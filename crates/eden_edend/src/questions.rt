//! What the lines that ask a mount come to.

ghost use Rattle.std.specs.Prelude.{◌≡◌, IfOk, filter, map};
ghost use Rattle.eden_globs.specs.Filters as globs;
ghost use Rattle.eden_ids.specs.FileMaps.{paths};
ghost use Rattle.eden_history.specs.Worlds.{WorldState, now};
ghost use Rattle.eden_accumulate.specs.Mounts.{StandsFor};
ghost use Rattle.eden_script.specs.Sessions.{asked};

use crate::changes::path_of;
use eden_accumulate::Mount;
use eden_globs::{Filter, FilterFault};
use eden_history::{Answer, Position, SinceFault};
use eden_ids::{GitNaming, Id, NoMemory, Path, Sequence};
use eden_objects::CommitFault;
use eden_script::{AskLine, Lent, Refusal, Told, Word};
use std::alloc::{AllocError, Global};

/// Returns the bytes of some words.
fn bytes_of(alloc: Global, words: &[Word]) -> Result<Vec<&[u8]>, AllocError>
    ensures { IfOk result (λ bytes. map (λ b. b.now) bytes.items ≡ words.now) }
{
    let mut bytes = Vec::new(alloc);
    for word in words {
        bytes.push(word.as_bytes())?;
    }
    Ok(bytes)
}

/// Lists the paths of the files that a filter admits.
#[tactic(auto, using(crate::proofs::Asking::root_there, crate::proofs::Asking::snapshot_lists))]
fn listed(mount: &Mount<GitNaming>, wanted: &Filter) -> Result<Vec<Path>, NoMemory>
    ensures { IfOk result (λ listed. (world : WorldState) → StandsFor mount.now world → listed.items ≡ filter (globs.admits wanted.now) (paths (now world).files)) }
{
    mount.stands_law();
    let snapshot = mount.snapshot()?;
    match snapshot.files(mount.store(), wanted) {
        Ok(paths) => Ok(paths),
        // A mount's root is a commit of its objects.
        Err(CommitFault::NoCommit) => unreachable!(),
        Err(CommitFault::NoMemory) => Err(NoMemory),
    }
}

/// Returns the present position.
///
/// Does not allocate.
fn position(mount: &Mount<GitNaming>) -> Told<'_>
    ensures { (world : WorldState) → StandsFor mount.now world → result ≡ asked world AskLine.Position }
{
    Told::Answer(Answer::At(mount.position()))
}

/// Lists the paths of the files that some patterns admit.
fn list<'a>(mount: &'a Mount<GitNaming>, patterns: &[Word]) -> Result<Told<'a>, NoMemory>
    ensures { IfOk result (λ told. (world : WorldState) → StandsFor mount.now world → told ≡ asked world (AskLine.ListFiles patterns.now)) }
{
    let alloc = mount.store().allocator();
    let bytes = bytes_of(alloc, patterns)?;
    match Filter::parse(alloc, bytes.as_slice()) {
        Ok(wanted) => {
            let paths = listed(mount, &wanted)?;
            Ok(Told::Files(Sequence::from_vec(paths)))
        }
        Err(FilterFault::NoMemory) => Err(NoMemory),
        Err(fault) => Ok(Told::Refused(Refusal::Patterns(fault))),
    }
}

/// Lists the paths at which the files differ from those of the commit.
#[tactic(auto, using(crate::proofs::Asking::dirty_asked))]
fn dirty(mount: &Mount<GitNaming>) -> Result<Told<'_>, NoMemory>
    ensures { IfOk result (λ told. (world : WorldState) → StandsFor mount.now world → told ≡ asked world AskLine.Dirty) }
{
    let paths = mount.work().dirty(mount.store())?;
    Ok(Told::Dirty(Sequence::from_vec(paths)))
}

/// Returns the file at a path.
///
/// Does not allocate: the bytes are lent.
fn read(mount: &Mount<GitNaming>, path: Word) -> Told<'_>
    ensures { (world : WorldState) → StandsFor mount.now world → result ≡ asked world (AskLine.Read path) }
{
    let path = match path_of(path) {
        Ok(path) => path,
        Err(cause) => return Told::Refused(cause),
    };
    match mount.read(&path) {
        Ok((kind, bytes)) => {
            let bytes = Lent::new(bytes);
            Told::File { kind, bytes }
        }
        Err(fault) => Told::Refused(Refusal::File(fault)),
    }
}

/// Returns what changed since a position.
fn since(mount: &Mount<GitNaming>, generation: u64, sequence: u64) -> Result<Told<'_>, NoMemory>
    ensures { IfOk result (λ told. (world : WorldState) → StandsFor mount.now world → told ≡ asked world (AskLine.Since generation sequence)) }
{
    let position = Position {
        generation,
        sequence,
        root: Id::ZERO,
    };
    match mount.changes_since(&position) {
        Ok(changes) => Ok(Told::Changes {
            marked: Sequence::from_vec(changes.marked),
            prefixes: changes.prefixes,
            to: changes.to,
        }),
        Err(SinceFault::NoMemory) => Err(NoMemory),
        Err(fault) => Ok(Told::Refused(Refusal::Since(fault))),
    }
}

/// Returns what a line that asks a mount comes to.
///
/// # Errors
///
/// - `NoMemory` if an allocation fails.
pub(crate) fn ask(mount: &Mount<GitNaming>, line: AskLine) -> Result<Told<'_>, NoMemory>
    ensures { IfOk result (λ told. (world : WorldState) → StandsFor mount.now world → told ≡ asked world line) }
{
    match line {
        AskLine::Position => Ok(position(mount)),
        AskLine::ListFiles { patterns } => list(mount, patterns.as_slice()),
        AskLine::Dirty => dirty(mount),
        AskLine::Read { path } => Ok(read(mount, path)),
        AskLine::Since {
            generation,
            sequence,
        } => since(mount, generation, sequence),
    }
}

■ **Task brief**
Working through the data above, find every line holding "Refused" and copy it.

■ **Final answer**
        Err(fault) => Ok(Told::Refused(Refusal::Patterns(fault))),
        Err(cause) => return Told::Refused(cause),
        Err(fault) => Told::Refused(Refusal::File(fault)),
        Err(fault) => Ok(Told::Refused(Refusal::Since(fault))),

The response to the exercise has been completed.